■ **What is being asked**:
Every line from the first in the listing below to the line containing "use crate::rates::Rates;" is to be repeated exactly, and no line past it.

■ **Exercise input**:
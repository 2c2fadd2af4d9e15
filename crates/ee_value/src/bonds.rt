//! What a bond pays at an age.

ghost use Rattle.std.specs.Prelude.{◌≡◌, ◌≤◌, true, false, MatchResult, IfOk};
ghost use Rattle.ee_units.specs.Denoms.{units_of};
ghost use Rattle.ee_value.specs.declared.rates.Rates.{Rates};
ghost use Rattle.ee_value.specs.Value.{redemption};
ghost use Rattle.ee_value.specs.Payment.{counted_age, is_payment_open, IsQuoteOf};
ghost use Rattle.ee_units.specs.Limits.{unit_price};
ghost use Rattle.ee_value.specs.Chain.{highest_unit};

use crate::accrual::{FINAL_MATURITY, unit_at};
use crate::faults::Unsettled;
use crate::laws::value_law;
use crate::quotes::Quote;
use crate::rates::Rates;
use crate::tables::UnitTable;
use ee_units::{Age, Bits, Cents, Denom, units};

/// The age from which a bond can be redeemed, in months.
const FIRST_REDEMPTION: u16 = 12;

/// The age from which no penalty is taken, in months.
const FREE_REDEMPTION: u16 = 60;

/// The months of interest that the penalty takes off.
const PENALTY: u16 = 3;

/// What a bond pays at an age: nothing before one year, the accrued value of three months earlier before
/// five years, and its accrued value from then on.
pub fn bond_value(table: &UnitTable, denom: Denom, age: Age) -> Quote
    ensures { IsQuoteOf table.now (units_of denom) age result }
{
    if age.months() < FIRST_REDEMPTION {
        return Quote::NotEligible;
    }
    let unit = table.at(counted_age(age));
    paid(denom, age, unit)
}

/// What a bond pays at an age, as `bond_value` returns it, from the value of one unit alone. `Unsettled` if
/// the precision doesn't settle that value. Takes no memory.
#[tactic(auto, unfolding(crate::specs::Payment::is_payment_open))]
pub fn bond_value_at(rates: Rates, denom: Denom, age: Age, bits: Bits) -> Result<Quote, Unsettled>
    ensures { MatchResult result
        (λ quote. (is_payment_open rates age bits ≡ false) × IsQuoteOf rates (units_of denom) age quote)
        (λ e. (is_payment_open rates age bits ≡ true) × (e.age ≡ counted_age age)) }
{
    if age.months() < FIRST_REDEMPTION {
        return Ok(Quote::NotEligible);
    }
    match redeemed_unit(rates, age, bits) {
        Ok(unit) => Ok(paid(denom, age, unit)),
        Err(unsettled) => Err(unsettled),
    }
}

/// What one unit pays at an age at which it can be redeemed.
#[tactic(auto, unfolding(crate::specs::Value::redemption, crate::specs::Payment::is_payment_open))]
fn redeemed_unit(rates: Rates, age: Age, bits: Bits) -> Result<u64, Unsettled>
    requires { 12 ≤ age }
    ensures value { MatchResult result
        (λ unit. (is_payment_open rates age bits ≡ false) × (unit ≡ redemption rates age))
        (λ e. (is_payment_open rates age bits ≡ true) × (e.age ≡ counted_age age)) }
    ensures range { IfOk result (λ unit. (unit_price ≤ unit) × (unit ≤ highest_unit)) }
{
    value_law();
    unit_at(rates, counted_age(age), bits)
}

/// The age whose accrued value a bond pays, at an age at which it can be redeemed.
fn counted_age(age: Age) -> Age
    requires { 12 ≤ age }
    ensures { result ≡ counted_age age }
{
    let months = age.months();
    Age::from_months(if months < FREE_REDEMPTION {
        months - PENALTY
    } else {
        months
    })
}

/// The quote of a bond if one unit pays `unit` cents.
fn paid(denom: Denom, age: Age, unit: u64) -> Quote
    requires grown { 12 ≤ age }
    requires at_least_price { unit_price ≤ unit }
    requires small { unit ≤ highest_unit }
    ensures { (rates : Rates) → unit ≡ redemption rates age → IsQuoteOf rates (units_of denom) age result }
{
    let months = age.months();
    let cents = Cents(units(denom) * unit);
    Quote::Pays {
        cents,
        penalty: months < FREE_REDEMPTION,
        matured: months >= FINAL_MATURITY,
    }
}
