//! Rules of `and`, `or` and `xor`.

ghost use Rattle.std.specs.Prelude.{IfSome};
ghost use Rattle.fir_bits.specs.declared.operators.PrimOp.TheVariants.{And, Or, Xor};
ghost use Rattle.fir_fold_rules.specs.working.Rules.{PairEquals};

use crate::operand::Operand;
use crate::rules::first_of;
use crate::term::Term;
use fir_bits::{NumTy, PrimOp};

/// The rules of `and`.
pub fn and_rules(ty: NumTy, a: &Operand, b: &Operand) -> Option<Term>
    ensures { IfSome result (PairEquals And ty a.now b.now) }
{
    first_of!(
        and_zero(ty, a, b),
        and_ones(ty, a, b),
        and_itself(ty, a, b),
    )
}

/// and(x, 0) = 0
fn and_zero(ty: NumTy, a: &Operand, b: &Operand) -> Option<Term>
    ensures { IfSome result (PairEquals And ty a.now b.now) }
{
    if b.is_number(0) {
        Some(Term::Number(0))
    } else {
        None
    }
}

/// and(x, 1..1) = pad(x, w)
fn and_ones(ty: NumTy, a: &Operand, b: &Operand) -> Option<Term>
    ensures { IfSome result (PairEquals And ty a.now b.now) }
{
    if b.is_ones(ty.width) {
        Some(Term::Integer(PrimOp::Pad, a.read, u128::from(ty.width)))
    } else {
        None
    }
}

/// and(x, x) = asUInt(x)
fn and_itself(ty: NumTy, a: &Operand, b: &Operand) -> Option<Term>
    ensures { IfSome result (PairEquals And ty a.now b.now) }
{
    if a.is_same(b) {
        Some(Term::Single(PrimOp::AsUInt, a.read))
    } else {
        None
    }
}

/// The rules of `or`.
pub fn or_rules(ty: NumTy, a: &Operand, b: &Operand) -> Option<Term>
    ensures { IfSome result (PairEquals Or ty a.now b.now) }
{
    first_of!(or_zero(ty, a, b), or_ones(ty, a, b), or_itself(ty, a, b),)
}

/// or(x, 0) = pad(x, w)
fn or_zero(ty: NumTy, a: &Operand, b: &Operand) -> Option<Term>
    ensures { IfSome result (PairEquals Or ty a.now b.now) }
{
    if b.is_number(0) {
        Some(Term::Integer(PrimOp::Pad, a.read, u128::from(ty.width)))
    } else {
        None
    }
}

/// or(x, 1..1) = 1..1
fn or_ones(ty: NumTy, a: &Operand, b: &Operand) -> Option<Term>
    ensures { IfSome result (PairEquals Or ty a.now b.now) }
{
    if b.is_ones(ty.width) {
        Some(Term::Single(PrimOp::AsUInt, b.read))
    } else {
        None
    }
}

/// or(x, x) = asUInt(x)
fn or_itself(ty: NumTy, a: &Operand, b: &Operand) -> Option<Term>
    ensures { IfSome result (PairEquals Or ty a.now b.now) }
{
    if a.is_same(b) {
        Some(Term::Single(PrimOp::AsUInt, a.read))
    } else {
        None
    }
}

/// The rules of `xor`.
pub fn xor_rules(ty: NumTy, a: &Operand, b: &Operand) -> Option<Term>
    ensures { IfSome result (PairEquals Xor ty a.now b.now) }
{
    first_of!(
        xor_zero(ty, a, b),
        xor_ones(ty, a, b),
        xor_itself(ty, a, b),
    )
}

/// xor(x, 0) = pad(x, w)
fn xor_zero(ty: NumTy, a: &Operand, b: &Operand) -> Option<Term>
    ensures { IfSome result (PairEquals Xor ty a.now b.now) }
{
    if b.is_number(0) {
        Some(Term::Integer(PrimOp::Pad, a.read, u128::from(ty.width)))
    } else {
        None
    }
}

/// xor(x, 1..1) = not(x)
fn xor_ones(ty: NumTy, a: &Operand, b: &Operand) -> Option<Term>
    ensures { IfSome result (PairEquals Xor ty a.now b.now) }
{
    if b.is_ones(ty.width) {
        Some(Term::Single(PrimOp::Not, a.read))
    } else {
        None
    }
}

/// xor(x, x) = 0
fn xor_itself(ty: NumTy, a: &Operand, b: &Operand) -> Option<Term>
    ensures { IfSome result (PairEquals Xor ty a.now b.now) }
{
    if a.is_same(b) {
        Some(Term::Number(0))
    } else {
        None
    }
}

■ **Written solution**:
repository 2c2fadd2af4d9e15
filename crates/ee_value/src/bonds.rt
//! What a bond pays at an age.

ghost use Rattle.std.specs.Prelude.{◌≡◌, ◌≤◌, true, false, MatchResult, IfOk};
ghost use Rattle.ee_units.specs.Denoms.{units_of};
ghost use Rattle.ee_value.specs.declared.rates.Rates.{Rates};
ghost use Rattle.ee_value.specs.Value.{redemption};
ghost use Rattle.ee_value.specs.Payment.{counted_age, is_payment_open, IsQuoteOf};
ghost use Rattle.ee_units.specs.Limits.{unit_price};
ghost use Rattle.ee_value.specs.Chain.{highest_unit};

use crate::accrual::{FINAL_MATURITY, unit_at};
use crate::faults::Unsettled;
use crate::laws::value_law;
use crate::quotes::Quote;
use crate::rates::Rates;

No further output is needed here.